#### Exercise
All lines from the one with "Ok(Sequence::from_vec(run))" to the end of the listing below are to be transcribed exactly; both end lines are included, and no other lines are.

#### Data extracts
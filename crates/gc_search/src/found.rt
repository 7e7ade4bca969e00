ghost use Rattle.std.specs.Prelude.{◌≡◌, ◌<◌, length, slice_get, Some, IfOk};
ghost use Rattle.std.specs.Option.{option_map};
ghost use Rattle.gc_prod.specs.Leading.{pair};
ghost use Rattle.gc_search.specs.Arrivals.{arrivals_at};
ghost use Rattle.gc_search.specs.Finding.{walks_to, runs_to, potential_of};

use crate::settled::Settled;
use crate::way::run_along;
use gc_base::{Cost, Id, Memory, Sequence, Walk};
use gc_prod::{Pair, Run};
use std::marker::Model;

/// The walks that a search finds from a source, by the node to which they lead. Contracts see the
/// source, the number of the last state, and all walks, by the nodes at which they arrive.
#[derive(Drop)]
pub struct Found<'a> {
    pub(crate) source: Id,
    pub(crate) last: u32,
    pub(crate) walks: Settled<'a>,
}

impl<'a> Model for Found<'a> {
    ghost use Rattle.gc_search.specs.Finding.{Finding, AreFew};

    ghost Value = { Finding };

    ghost view = { λ f. record { source = f.source; last = f.last; walks = f.walks.walks } };

    ghost invariant = { λ f. AreFew f.walks.walks };
}

impl<'a> Found<'a> {
    /// How many walks lead to a node.
    pub fn count(&self, target: Id) -> u32
        ensures { result ≡ length (walks_to self.now target) }
    {
        let at = Pair {
            node: target,
            state: self.last,
        };
        self.walks.count_at(&at) as u32
    }

    /// The cost of the i-th walk to a node, for a number below the count.
    pub fn cost(&self, target: Id, i: u32) -> Cost
        requires { i < length (walks_to self.now target) }
        ensures { option_map (λ w. w.cost) (slice_get (walks_to self.now target) i) ≡ Some result }
    {
        Cost::of(self.walks.tree.at(self.place(target, i)).cost)
    }

    /// The i-th walk to a node, for a number below the count.
    pub fn walk(&self, target: Id, i: u32) -> Result<Walk, Memory>
        requires { i < length (walks_to self.now target) }
        ensures { IfOk result (λ walk. option_map (λ w. w.walk) (slice_get (walks_to self.now target) i) ≡ Some walk) }
    {
        let steps = self.walks.tree.steps(self.place(target, i))?;
        Ok(Walk {
            start: self.source,
            steps: Sequence::from_vec(steps),
        })
    }

    /// A run that passes the i-th walk to a node at its cost, for a number below the count.
    pub fn run(&self, target: Id, i: u32) -> Result<Run, Memory>
        requires { i < length (walks_to self.now target) }
        ensures { IfOk result (λ run. slice_get (runs_to self.now target) i ≡ Some run) }
    {
        let run = run_along(self.walks.tree.way(self.place(target, i))?)?;
        Ok(Sequence::from_vec(run))
    }

    /// The least cost at which a run reaches a node and a state, or `None` exactly where none does.
    pub fn potential(&self, node: Id, state: u32) -> Option<Cost>
        ensures { result ≡ potential_of self.now (pair node state) }
    {
        let at = Pair { node, state };
        match self.walks.place(&at, 0) {
            None => None,
            Some(place) => Some(Cost::of(self.walks.tree.at(place).cost)),
        }
    }

    // The place of the i-th walk that arrives at a node in the last state, for a number below how many do.
    fn place(&self, target: Id, i: u32) -> usize
        requires { i < length (arrivals_at self.now.walks (pair target self.now.last)) }
        ensures within { result < length self.now.walks }
        ensures exact { slice_get self.now.walks result ≡ slice_get (arrivals_at self.now.walks (pair target self.now.last)) i }
    {
        let at = Pair {
            node: target,
            state: self.last,
        };
        match self.walks.place(&at, i as usize) {
            None => unreachable!(),
            Some(place) => place,
        }
    }
}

#### Task output
        Ok(Sequence::from_vec(run))
    }

    /// The least cost at which a run reaches a node and a state, or `None` exactly where none does.
    pub fn potential(&self, node: Id, state: u32) -> Option<Cost>
        ensures { result ≡ potential_of self.now (pair node state) }
    {
        let at = Pair { node, state };
        match self.walks.place(&at, 0) {
            None => None,
            Some(place) => Some(Cost::of(self.walks.tree.at(place).cost)),
        }
    }

    // The place of the i-th walk that arrives at a node in the last state, for a number below how many do.
    fn place(&self, target: Id, i: u32) -> usize
        requires { i < length (arrivals_at self.now.walks (pair target self.now.last)) }
        ensures within { result < length self.now.walks }
        ensures exact { slice_get self.now.walks result ≡ slice_get (arrivals_at self.now.walks (pair target self.now.last)) i }
    {
        let at = Pair {
            node: target,
            state: self.last,
        };
        match self.walks.place(&at, i as usize) {
            None => unreachable!(),
            Some(place) => place,
        }
    }
}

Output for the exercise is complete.